- **ASSIGNED TASK**: Transcribe only the lines between the first line of the records and the line containing "use gft_io::Store;", inclusive, exactly as written.
—————
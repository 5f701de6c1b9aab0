//! A line as it is answered.
use crate::held::Held;
use crate::pipe::answer_pipe;
use crate::refusing::plain;
use crate::reply::Reply;
use gft_command::{Read, read_line};
use gft_core::{NoMemory, Shared};
use gft_io::Store;
use gft_rules::Rule;
use std::alloc::Global;

/// The most bytes of a line.
const MOST_BYTES: usize = 65_536;

/// What is held after the pipes so far, their reply, and whether the session ends.
#[derive(Drop)]
pub struct Line {
    pub held: Option<Shared<Held>>,
    pub reply: Reply,
    pub quit: bool,
}

impl Line {
    /// A line of which nothing is answered.
    pub fn new(alloc: Global, held: &Option<Shared<Held>>) -> Result<Line, NoMemory> {
        let held = match held {
            None => None,
            Some(held) => Some(held.share()?),
        };
        Ok(Line {
            held,
            reply: Reply::new(alloc),
            quit: false,
        })
    }

    /// What is held.
    pub fn held(&self) -> Option<&Held> {
        match &self.held {
            None => None,
            Some(held) => Some(held.get()),
        }
    }

    fn refuse(&mut self, alloc: Global, rule: Rule) -> Result<(), NoMemory> {
        self.reply.refuse_line(alloc, &plain(alloc, rule))
    }
}

/// Answers a pipe, or its refusal.
fn answer_read<F: Store>(
    alloc: Global,
    line: &mut Line,
    read: &Read,
    store: &mut F,
) -> Result<(), NoMemory> {
    line.reply.begin();
    match read {
        Read::Pipe(commands) => answer_pipe(alloc, line, commands, store),
        Read::Refused(refusal) => line.reply.refuse_line(alloc, refusal),
    }
}

/// Answers the pipes of a text in order, none after a `quit`.
fn answer_text<F: Store>(
    alloc: Global,
    line: &mut Line,
    text: &str,
    store: &mut F,
) -> Result<(), NoMemory> {
    let reads = read_line(alloc, text)?;
    'pipes: for read in reads.as_slice() {
        answer_read(alloc, line, read, store)?;
        if line.quit {
            return Ok(());
        }
    }
    Ok(())
}

/// Answers a line. One over its limit, and another that is not UTF-8, has one refusal.
pub fn answer_line<F: Store>(
    alloc: Global,
    line: &mut Line,
    bytes: &[u8],
    store: &mut F,
) -> Result<(), NoMemory> {
    if bytes.len() > MOST_BYTES {
        return line.refuse(alloc, Rule::LineTooLong);
    }
    match std::str::from_utf8(bytes) {
        Ok(text) => answer_text(alloc, line, text, store),
        Err(_) => line.refuse(alloc, Rule::LineNotUtf8),
    }
}
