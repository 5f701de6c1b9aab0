//! What passes between the commands of a pipe.
use gft_core::{NoMemory, Text, Tree};
use gft_lister::Entry;
use std::alloc::Global;

/// What a command hands on: a tree, a tree that was listed, what is said of one, with single spaces
/// between its words, or a line that passes unchanged.
#[derive(Drop)]
pub enum Item {
    Tree(Tree),
    Listed(Entry),
    Said(Text),
    Line(Text),
}

/// Adds an item.
pub fn push(items: &mut Vec<Item>, item: Item) -> Result<(), NoMemory> {
    items.push(item)?;
    Ok(())
}

/// Adds a line.
pub fn push_line(alloc: Global, items: &mut Vec<Item>, text: &str) -> Result<(), NoMemory> {
    push(items, Item::Line(Text::from_str(alloc, text)?))
}
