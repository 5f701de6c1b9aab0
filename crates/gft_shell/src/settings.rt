//! A command over the grammar that is held: what it lacks, and its options by number.
use crate::held::Held;
use crate::refusing::stop_at;
use gft_abs::category_named;
use gft_command::{Command, Verb};
use gft_core::Name;
use gft_pmcfg::Grammar;
use gft_rules::{Rule, Stop};
use std::alloc::Global;

/// A command with its options. A language and a depth that are not given are None, a category the
/// start category.
#[derive(Clone, Copy)]
pub struct Settings {
    pub verb: Verb,
    pub lang: Option<u32>,
    pub cat: u32,
    pub depth: Option<u32>,
    pub bracket: bool,
}

/// Whether the command needs no grammar.
fn is_free(verb: Verb) -> bool {
    match verb {
        Verb::Import => true,
        Verb::Empty => true,
        Verb::Quit => true,
        _ => false,
    }
}

/// Whether the command has an option for a language, and so needs one.
fn takes_language(verb: Verb) -> bool {
    match verb {
        Verb::Parse => true,
        Verb::Linearize => true,
        Verb::Complete => true,
        Verb::MorphoAnalyse => true,
        Verb::ContextFree => true,
        _ => false,
    }
}

/// The number of the language of that name.
fn language_named(grammar: &Grammar, name: &str) -> Option<u32> {
    let mut lang = 0u32;
    'languages: for concrete in grammar.concretes.as_slice() {
        if concrete.name.as_str() == name {
            return Some(lang);
        }
        lang = lang.saturating_add(1);
    }
    None
}

/// The language that is given, if one is.
fn language_of(
    alloc: Global,
    grammar: &Grammar,
    given: &Option<Name>,
) -> Result<Option<u32>, Stop> {
    match given {
        None => Ok(None),
        Some(name) => match language_named(grammar, name.as_str()) {
            Some(lang) => Ok(Some(lang)),
            None => Err(stop_at(alloc, Rule::NoSuchLanguage, &[name.as_str()])),
        },
    }
}

/// The category that is given, or the start category.
fn category_of(alloc: Global, grammar: &Grammar, given: &Option<Name>) -> Result<u32, Stop> {
    match given {
        None => Ok(grammar.abs.start),
        Some(name) => match category_named(grammar.abs.cats.as_slice(), name.as_str()) {
            Some(cat) => Ok(cat),
            None => Err(stop_at(alloc, Rule::NoSuchCategory, &[name.as_str()])),
        },
    }
}

/// The command over a grammar, or what the grammar lacks.
fn settings_over(alloc: Global, grammar: &Grammar, command: &Command) -> Result<Settings, Stop> {
    let verb = command.verb;
    if takes_language(verb) && grammar.concretes.is_empty() {
        return Err(stop_at(alloc, Rule::NoLanguage, &[]));
    }
    let lang = language_of(alloc, grammar, &command.lang)?;
    let cat = category_of(alloc, grammar, &command.cat)?;
    Ok(Settings {
        verb,
        lang,
        cat,
        depth: command.depth,
        bracket: command.bracket,
    })
}

/// The command over what is held, or what that lacks.
pub fn settings_of(
    alloc: Global,
    held: Option<&Held>,
    command: &Command,
) -> Result<Settings, Stop> {
    match held {
        Some(held) => settings_over(alloc, &held.grammar, command),
        None => {
            if !is_free(command.verb) {
                return Err(stop_at(alloc, Rule::NoGrammar, &[]));
            }
            Ok(Settings {
                verb: command.verb,
                lang: None,
                cat: 0,
                depth: None,
                bracket: false,
            })
        }
    }
}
—————
- **RESULT OF THE EXERCISE**:
repository 5f701de6c1b9aab0
//! A line as it is answered.
use crate::held::Held;
use crate::pipe::answer_pipe;
use crate::refusing::plain;
use crate::reply::Reply;
use gft_command::{Read, read_line};
use gft_core::{NoMemory, Shared};
use gft_io::Store;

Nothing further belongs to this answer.